Bloomberg New Economy

Online Gambling Has Millions of Young Africans Battling Addiction

A generation faces growing dependency on the false hopes of betting.
A betting shop in Malawi.

A betting shop in Malawi.

Photographer: Sarah Waiswa for Bloomberg Businessweek

Slouched against a wall in the morning gloom, his purple hoodie pulled low over his eyes to hide his face, Brave Luhanga is desperate for a win. For a second consecutive day, he’s at a local betting shop, wagering the equivalent of 65¢ earned selling snacks to classmates on soccer games played more than 5,000 miles away from the mud tracks and tarpaulin storefronts of Area 25, his neighborhood in Lilongwe, the capital of Malawi. “I bet on five games,” he says. “But I don’t know the teams.”

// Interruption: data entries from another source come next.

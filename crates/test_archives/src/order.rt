// The order of labels beside archives. One line's label is at or below another's exactly when each view of the policy that determines the
// other line determines this one. A view determines a line when no two archives that agree on the view tell the line apart: which do is
// taken from archives alone. Here are the lines of one table.

ghost use Rattle.std.specs.Prelude.{◌<◌, ◌≤◌, length};

use crate::family::NONE;
use crate::{agreement, answers, family, tally, texts};
use model::Policy;

// How many lines there are. A view is a line too.
pub const LINES: usize = 36;

// Of the ordered pairs of lines under one policy those that are at or below by the archives, and of these those whose second line no view
// of the policy determines. Those that only the desk puts at or below, or only the archives, count against the desk.
#[derive(Clone, Copy, Default)]
pub struct Compared {
    pub pairs: u64,
    pub below: u64,
    pub no_view: u64,
    pub desk_alone: u64,
    pub archives_alone: u64,
}

// Whether each view determines each line, the lines of view v at place v.
pub type Determined = [[bool; LINES]; LINES];

// Whether no two archives that agree tell a line apart.
fn never_apart(alike: &[usize; 512], line: u64) -> bool {
    let mut answers = [0; 512];
    answers::fill(family::as_query(line), &mut answers);
    !agreement::told_apart(alike, &answers)
}

// Whether a view determines a line, for each line.
fn fill_view(lines: &mut [bool; LINES], view: u64) {
    let mut alike = [0; 512];
    agreement::fill(view, NONE, &mut alike);
    for (line, determined) in lines.iter_mut().enumerate() {
        *determined = never_apart(&alike, line as u64);
    }
}

fn fill_determined(determined: &mut Determined) {
    for (view, lines) in determined.iter_mut().enumerate() {
        fill_view(lines, view as u64);
    }
}

// The label of each line by the desk.
fn fill_labels(p: Policy, labels: &mut [u64; LINES]) {
    for (line, label) in labels.iter_mut().enumerate() {
        let l = texts::labels(p, family::as_query(line as u64));
        *label = l.first;
    }
}

// A line under a policy of two views: its label by the desk, and by the archives whether each view determines it.
#[derive(Clone, Copy)]
struct Line {
    label: u64,
    by_first: bool,
    by_second: bool,
}

// Line a, whose label is given, under the policy of two views.
fn line_under(label: u64, determined: &Determined, first: usize, second: usize, a: usize) -> Line
    requires { (first < 36) × (second < 36) × (a < 36) }
{
    Line {
        label,
        by_first: determined[first][a],
        by_second: determined[second][a],
    }
}

// Whether each view that determines line b determines line a.
fn at_or_below(a: Line, b: Line) -> bool {
    if b.by_first && !a.by_first {
        return false;
    }
    !b.by_second || a.by_second
}

// One pair of lines, as the desk compares their labels and as the archives do.
fn count(t: Compared, a: Line, b: Line) -> Compared {
    let by_desk = desk::compare_labels(a.label, b.label);
    let by_archives = at_or_below(a, b);
    let mut next = t;
    next.pairs = tally::next_if(t.pairs, true);
    next.below = tally::next_if(t.below, by_archives);
    next.no_view = tally::next_if(t.no_view, !b.by_first && !b.by_second);
    next.desk_alone = tally::next_if(t.desk_alone, by_desk && !by_archives);
    next.archives_alone = tally::next_if(t.archives_alone, by_archives && !by_desk);
    next
}

// Every pair of the first lines, which have these labels under the policy of two views.
pub fn compare(
    t: Compared,
    determined: &Determined,
    labels: &[u64],
    first: usize,
    second: usize,
) -> Compared
    requires { (length labels.now ≤ 36) × (first < 36) × (second < 36) }
{
    let mut next = t;
    for (i, x) in labels.iter().enumerate() {
        let a = line_under(*x, determined, first, second, i);
        for (j, y) in labels.iter().enumerate() {
            let b = line_under(*y, determined, first, second, j);
            next = count(next, a, b);
        }
    }
    next
}

// Every pair of lines under the policy of two views.
fn try_policy(t: Compared, determined: &Determined, first: usize, second: usize) -> Compared
    requires { (first < 36) × (second < 36) }
{
    let mut labels = [0; LINES];
    fill_labels(texts::policy(first as u64, second as u64), &mut labels);
    compare(t, determined, &labels, first, second)
}

// Every policy of two views, which ascend and may be equal.
pub fn try_all() -> Compared {
    let mut determined = [[false; LINES]; LINES];
    fill_determined(&mut determined);
    let mut t = Compared::default();
    for first in 0..LINES {
        for second in first..LINES {
            t = try_policy(t, &determined, first, second);
        }
    }
    t
}

pub fn print(name: &[u8], t: Compared) {
    tally::print_count(name, t.pairs);
    tally::print_count(b", at or below by the archives ", t.below);
    tally::print_count(
        b", of these with a second line that no view determines ",
        t.no_view,
    );
    tally::print_count(b"\nat or below by the desk alone ", t.desk_alone);
    tally::print_count(b", by the archives alone ", t.archives_alone);
    io::write_all(1, b"\n");
}
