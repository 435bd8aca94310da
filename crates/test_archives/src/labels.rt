// Labels beside answers. Queries with the same answers on every archive have one list of labels; it ascends, and has as many words as
// the shortest of these queries has lines.

ghost use Rattle.std.specs.Prelude.{◌<◌};

use crate::answers::Table;
use crate::family::QUERIES;
use crate::texts::List;
use crate::{family, tally, texts};
use model::Policy;

// Of the pairs of queries with the same answers those with other labels, and of the queries those whose labels do not ascend, or are
// more or fewer than the lines needed, count against the desk.
#[derive(Clone, Copy, Default)]
pub struct Likeness {
    pub pairs: u64,
    pub other_labels: u64,
    pub not_ascending: u64,
    pub other_count: u64,
}

// Whether each label is at most the next. No label is 0, which stands behind the last.
fn ascends(l: List) -> bool {
    if l.second < l.first && l.second != 0 {
        return false;
    }
    l.second <= l.third || l.third == 0
}

// How many lines the shortest query has whose answers on every archive are these.
fn lines_needed(codes: &[u64; QUERIES], table: &Table, answers: &[u16; 512]) -> u64 {
    let mut least = 3;
    for (code, others) in codes.iter().zip(table) {
        let lines = texts::line_count(family::query_of(*code)) as u64;
        if lines < least && others == answers {
            least = lines;
        }
    }
    least
}

// A query with these labels beside another with the same answers.
fn try_pair(t: Likeness, labels: List, p: Policy, code: u64) -> Likeness {
    let other = texts::labels(p, family::query_of(code));
    let mut next = t;
    next.pairs = tally::next_if(t.pairs, true);
    next.other_labels = tally::next_if(t.other_labels, labels != other);
    next
}

// Query i beside each query before it that has the same answers.
fn try_earlier(
    t: Likeness,
    labels: List,
    p: Policy,
    codes: &[u64; QUERIES],
    table: &Table,
    i: usize,
) -> Likeness
    requires { i < 1518 }
{
    let mut next = t;
    for k in 0..i {
        if table[k] == table[i] {
            next = try_pair(next, labels, p, codes[k]);
        }
    }
    next
}

// Every query under one policy.
pub fn try_all(p: Policy, codes: &[u64; QUERIES], table: &Table) -> Likeness {
    let mut t = Likeness::default();
    for i in 0..QUERIES {
        let l = texts::labels(p, family::query_of(codes[i]));
        t.not_ascending = tally::next_if(t.not_ascending, !ascends(l));
        let needed = lines_needed(codes, table, &table[i]);
        t.other_count = tally::next_if(t.other_count, l.count != needed);
        t = try_earlier(t, l, p, codes, table, i);
    }
    t
}

pub fn print(t: Likeness) {
    tally::print_count(b"pairs with the same answers ", t.pairs);
    tally::print_count(b", of these with other labels ", t.other_labels);
    tally::print_count(b"\nlabels that do not ascend ", t.not_ascending);
    tally::print_count(b", more or fewer than the lines needed ", t.other_count);
    io::write_all(1, b"\n");
}
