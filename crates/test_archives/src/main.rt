// Every small query under every small partition: what the desk says, beside what all small archives say. A partition
// determines a query when no two archives that agree on its views tell the query apart. Values, rows and archives are so few
// that all are gone through, by document 01's definitions; the desk's labels, and what they are made with, are not used. Then the desk's
// labels are set beside the same answers, and their order beside what single views determine.

#![tactic(auto)]

mod agreement;
mod answers;
mod family;
mod labels;
mod order;
mod tally;
mod texts;
mod two_tables;

use answers::Table;
use desk::{Reply, Session};
use family::{NONE, QUERIES, Query};
use model::Policy;
use tally::Tally;

// The most cases that are printed.
const MOST_PRINTED: u64 = 5;

fn fill_answers(codes: &[u64; QUERIES], table: &mut Table) {
    for (code, answers) in codes.iter().zip(table.iter_mut()) {
        answers::fill(family::query_of(*code), answers);
    }
}

// A partition's two views, either of which may be none, its policy, and a session that nothing was asked in.
#[derive(Clone, Copy)]
struct Grant {
    first: u64,
    second: u64,
    policy: Policy,
    session: Session,
}

fn granted(first: u64, second: u64) -> Grant {
    let policy = texts::policy(first, second);
    let session = desk::open_session(policy).unwrap_or(Session { mask: 0 });
    Grant {
        first,
        second,
        policy,
        session,
    }
}

// Whether a query that is not settled gets rows that do not tell it apart.
fn not_by_rows(p: Policy, q: Query, reply: Reply) -> bool {
    match reply {
        Reply::No { .. } => texts::not_apart(p, q),
        _ => false,
    }
}

// One query under one partition.
fn try_query(t: Tally, g: Grant, code: u64, apart: bool) -> Tally {
    let q = family::query_of(code);
    let p = g.policy;
    let s = g.session;
    let reply = texts::decide(p, s, q);
    let next = tally::count(t, reply, apart, not_by_rows(p, q, reply));
    if tally::wrong(t) < tally::wrong(next) && tally::wrong(t) < MOST_PRINTED {
        tally::print_case(reply, g.first, g.second, q);
    }
    next
}

// Every query under one partition.
fn try_partition(
    t: Tally,
    first: u64,
    second: u64,
    codes: &[u64; QUERIES],
    table: &Table,
) -> Tally {
    let g = granted(first, second);
    let mut alike = [0; 512];
    agreement::fill(first, second, &mut alike);
    let mut next = tally::count_partition(t);
    for (code, answers) in codes.iter().zip(table) {
        let apart = agreement::told_apart(&alike, answers);
        next = try_query(next, g, *code, apart);
    }
    next
}

// Every partition: no view, one view or two, which ascend and may be equal.
fn try_all(codes: &[u64; QUERIES], table: &Table) -> Tally {
    let mut t = Tally::default();
    for first in 0..=NONE {
        for second in first..=NONE {
            t = try_partition(t, first, second, codes, table);
        }
    }
    t
}

fn main() {
    let mut codes = [0; QUERIES];
    let queries = family::list_queries(&mut codes);
    let mut table = [[0; 512]; QUERIES];
    fill_answers(&codes, &mut table);
    let t = try_all(&codes, &table);
    tally::print(queries as u64, t);
    let p = texts::every_view();
    let l = labels::try_all(p, &codes, &table);
    labels::print(l);
    order::print(b"pairs of lines ", order::try_all());
    order::print(b"pairs of lines of two tables ", two_tables::try_all());
}
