// What the desk says, counted beside what the archives say.

use crate::family::{NONE, Query};
use crate::texts;
use desk::Reply;

// Of the settled queries those that two archives tell apart, and of the others those that none do or whose rows do not, count against the
// desk.
#[derive(Clone, Copy, Default)]
pub struct Tally {
    pub partitions: u64,
    pub settled: u64,
    pub apart: u64,
    pub unsettled: u64,
    pub never_apart: u64,
    pub not_by_rows: u64,
    pub refused: u64,
}

// One more where a test passes; no count comes near 2^64.
pub fn next_if(n: u64, passes: bool) -> u64 {
    n.wrapping_add(u64::from(passes))
}

pub fn count_partition(t: Tally) -> Tally {
    let mut next = t;
    next.partitions = next_if(t.partitions, true);
    next
}

// The desk's reply to a query, which two archives that agree tell apart or not, and which the desk's own rows do not or do.
pub fn count(t: Tally, reply: Reply, apart: bool, not_by_rows: bool) -> Tally {
    let mut next = t;
    match reply {
        Reply::Yes { .. } => {
            next.settled = next_if(t.settled, true);
            next.apart = next_if(t.apart, apart);
        }
        Reply::No { .. } => {
            next.unsettled = next_if(t.unsettled, true);
            next.never_apart = next_if(t.never_apart, !apart);
            next.not_by_rows = next_if(t.not_by_rows, not_by_rows);
        }
        Reply::Refused { .. } => {
            next.refused = next_if(t.refused, true);
        }
    }
    next
}

// The cases that count against the desk.
pub fn wrong(t: Tally) -> u64 {
    let silent = t.never_apart.wrapping_add(t.not_by_rows);
    t.apart.wrapping_add(silent).wrapping_add(t.refused)
}

fn print_reply(reply: Reply) {
    match reply {
        Reply::Yes { .. } => {
            io::write_all(1, b"settled, yet told apart");
        }
        Reply::No { .. } => {
            io::write_all(
                1,
                b"not settled, yet never told apart, or not by the desk's rows",
            );
        }
        Reply::Refused { .. } => {
            io::write_all(1, b"refused");
        }
    }
}

fn print_line(line: u64) {
    if line < NONE {
        let mut text = *b" (.. ..)";
        texts::put_line(&mut text, 2, line);
        io::write_all(1, &text);
    }
}

// A case that counts against the desk, with the partition's views and the query's lines.
pub fn print_case(reply: Reply, first: u64, second: u64, q: Query) {
    print_reply(reply);
    io::write_all(1, b": views");
    print_line(first);
    print_line(second);
    io::write_all(1, b", query");
    print_line(q.first);
    print_line(q.second);
    print_line(q.third);
    io::write_all(1, b"\n");
}

pub fn print_count(before: &[u8], n: u64) {
    io::write_all(1, before);
    io::print_decimal(1, n);
}

pub fn print(queries: u64, t: Tally) {
    print_count(b"queries ", queries);
    print_count(b", each under partitions ", t.partitions);
    print_count(b"\nsettled ", t.settled);
    print_count(b", of these told apart ", t.apart);
    print_count(b"\nnot settled ", t.unsettled);
    print_count(b", of these never told apart ", t.never_apart);
    print_count(b", not told apart by the desk's rows ", t.not_by_rows);
    print_count(b"\nrefused ", t.refused);
    io::write_all(1, b"\n");
}
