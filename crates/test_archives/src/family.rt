// The small queries that are tried. There is one table, of two columns, and six terms stand in its lines.

ghost use Rattle.std.specs.Prelude.{◌+◌, ◌≤◌};

// The terms. A line's number is 6 times the number of its first term, plus that of its second.
pub const TERMS: [[u8; 2]; 6] = [*b"#0", *b"!1", *b"?3", *b"?4", *b"#1", *b"!2"];

// In place of a line's number: no line.
pub const NONE: u64 = 36;

// How many queries there are.
pub const QUERIES: usize = 1518;

// The lines of a query, NONE behind the last.
#[derive(Clone, Copy)]
pub struct Query {
    pub first: u64,
    pub second: u64,
    pub third: u64,
}

// A query is kept as one number, its code, whose digits to the base 37 are the three numbers up to NONE.
pub fn query_of(code: u64) -> Query {
    Query {
        first: code / 37 / 37,
        second: code / 37 % 37,
        third: code % 37,
    }
}

// The query of one line. "A view's answers are those of a query with that one line."
pub fn as_query(line: u64) -> Query {
    Query {
        first: line,
        second: NONE,
        third: NONE,
    }
}

// Whether both terms are among the first four: `#0`, `!1`, `?3` and `?4`.
fn of_few_terms(line: u64) -> bool {
    line / 6 < 4 && line % 6 < 4
}

// One line or two, or three of few terms. They ascend, as their order says nothing, and may be equal.
fn is_tried(q: Query) -> bool {
    if q.first == NONE {
        return false;
    }
    if q.second < q.first || q.third < q.second {
        return false;
    }
    if q.third == NONE {
        return true;
    }
    of_few_terms(q.first) && of_few_terms(q.second) && of_few_terms(q.third)
}

// How many queries there are, this code looked at too; one that is tried goes to the next place. Where no place is left it is
// still counted, so that the count shows whether every query has one.
fn list_query(codes: &mut [u64; QUERIES], n: usize, code: u64) -> usize
    requires { n ≤ 50653 }
    ensures { result ≤ n + 1 }
{
    if !is_tried(query_of(code)) {
        return n;
    }
    if n < QUERIES {
        codes[n] = code;
    }
    n + 1
}

// The codes of the queries, and how many there are.
pub fn list_queries(codes: &mut [u64; QUERIES]) -> usize {
    let mut n = 0;
    for code in 0..37 * 37 * 37 {
        n = list_query(codes, n, code);
    }
    n
}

Luhanga has visited the shop—a cinder block shack with a corrugated metal roof, containing little more than a wooden betting counter, fading posters and a TV—almost every week for more than a year, sometimes bringing his own cash, sometimes with money borrowed from his mother. After calculating for a few seconds, he ruefully acknowledges that his losses outweigh his winnings. He’s 15, three years under the legal betting age, but he’s usually accompanied by a 14-year-old friend—taller and a bit older-looking—who can often bet if someone at the shop says Luhanga is too young. “Sometimes they throw me out,” he says. “I just give the money to others.”